From the line containing "result ≡ record" down to the last line of the records below, give every line again without any change.

Start of INPUT FOR THIS TASK

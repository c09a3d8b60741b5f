// How large a move is.
ghost use Rattle.std.specs.Prelude.{◌≡◌, [], nat_lt, length, take_while};
ghost use Rattle.sq_schema.specs.Family.{rows_size};
ghost use Rattle.sq_picture.specs.Sizes.{entries_size, segment_size, sum_of_sizes, is_in_part};
ghost use Rattle.sq_picture.specs.Sizes.{part_size, move_size, size_in_64_bits, sum_in_64_bits};

use crate::cutting::Cutting;
use sq_moves::{Opening, Range, Recon};
use sq_schema::{EntryIter, Root, Rows};

/// The size of a part of a move. Each number stays at the largest 64-bit number if it doesn't fit.
#[derive(Clone, Copy, Debug, PartialEq, Eq)]
pub struct Size {
    /// How many root keys have opening rows.
    pub families: u64,
    /// How many opening rows these root keys have.
    pub rows: u64,
    /// The bytes of the families.
    pub bytes: u64,
    /// How many chunks it takes if each segment is cut in one go.
    pub chunks: u64,
}

/// A part of a move that has segments of its own.
#[derive(Clone, Copy, Debug, PartialEq, Eq)]
pub enum MovePart {
    /// A reconfiguration range.
    RangePart(Range),
    /// The stage with this number.
    StagePart(u64),
}

impl Size {
    /// The size of nothing.
    const NONE: Size = Size {
        families: 0,
        rows: 0,
        bytes: 0,
        chunks: 0,
    };

    // The sum of this and another size.
    fn plus(self, other: Size) -> Size
        ensures { result ≡ sum_in_64_bits self other }
    {
        Size {
            families: self.families.saturating_add(other.families),
            rows: self.rows.saturating_add(other.rows),
            bytes: self.bytes.saturating_add(other.bytes),
            chunks: self.chunks.saturating_add(other.chunks),
        }
    }

    /// The size of `segment` of an opening.
    pub fn of_segment(opening: &Opening, segment: Range) -> Size
        ensures { result ≡ size_in_64_bits (segment_size opening.now segment) }
    {
        let limit = opening.config().limit;
        match Root::new(segment.lo) {
            Some(from) => size_below(segment.hi, limit, opening.table().iter_from(from)),
            // No root key is that large.
            None => no_families(limit),
        }
    }

    /// The size of a part of an opening's move: the sum over its segments.
    pub fn of_part(opening: &Opening, part: MovePart) -> Size
        ensures { result ≡ size_in_64_bits (part_size opening.now part) }
    {
        let recon = opening.recon();
        let segments = recon.segments();
        let mut size = Size::NONE;
        for segment in segments {
            if part.has(recon, segment) {
                size = size.plus(Size::of_segment(opening, *segment));
            }
        }
        size
    }

    /// The size of an opening's whole move.
    pub(crate) fn of_move(opening: &Opening) -> Size
        ensures { result ≡ size_in_64_bits (move_size opening.now) }
    {
        let segments = opening.recon().segments();
        let mut size = Size::NONE;
        for segment in segments {
            size = size.plus(Size::of_segment(opening, *segment));
        }
        size
    }
}

impl MovePart {
    // Returns whether a segment belongs to this part.
    fn has(&self, recon: &Recon, segment: &Range) -> bool
        ensures { result ≡ is_in_part recon.now self.now segment.now }
    {
        match *self {
            MovePart::RangePart(range) => range.lo <= segment.lo && segment.lo < range.hi,
            MovePart::StagePart(stage) => recon.stage_on(segment.src, segment.dst) == stage,
        }
    }
}

fn no_families(limit: u64) -> Size
    ensures { result ≡ entries_size limit [] }
{
    Size {
        chunks: 1,
        ..Size::NONE
    }
}

// The size of the families that start from these rows, up to the first whose root key isn't below
// `end`.
fn size_below(end: u64, limit: u64, entries: EntryIter<'_, Root, Rows>) -> Size
    ensures { result ≡ size_in_64_bits
        (entries_size limit (take_while (λ entry. nat_lt entry.0 end) entries.entry)) }
{
    let mut cutting = Cutting::new(limit);
    let mut size = Size::NONE;
    for (root, rows) in entries {
        if root.number() >= end {
            break;
        }
        cutting.take(rows.size());
        size = size.plus(size_of_rows(rows));
    }
    Size {
        chunks: cutting.chunks,
        ..size
    }
}

// The size of a family that starts from these rows, without chunks.
fn size_of_rows(rows: &Rows) -> Size
    ensures { result ≡ record {
      families = 1;
      rows = length rows.now;
      bytes = rows_size rows.now;
      chunks = 0;
    } }
{
    Size {
        families: 1,
        rows: rows.len() as u64,
        bytes: rows.size(),
        chunks: 0,
    }
}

End of INPUT FOR THIS TASK

> [EXERCISE RESULT]
    ensures { result ≡ record {
      families = 1;
      rows = length rows.now;
      bytes = rows_size rows.now;
      chunks = 0;
    } }
{
    Size {
        families: 1,
        rows: rows.len() as u64,
        bytes: rows.size(),
        chunks: 0,
    }
}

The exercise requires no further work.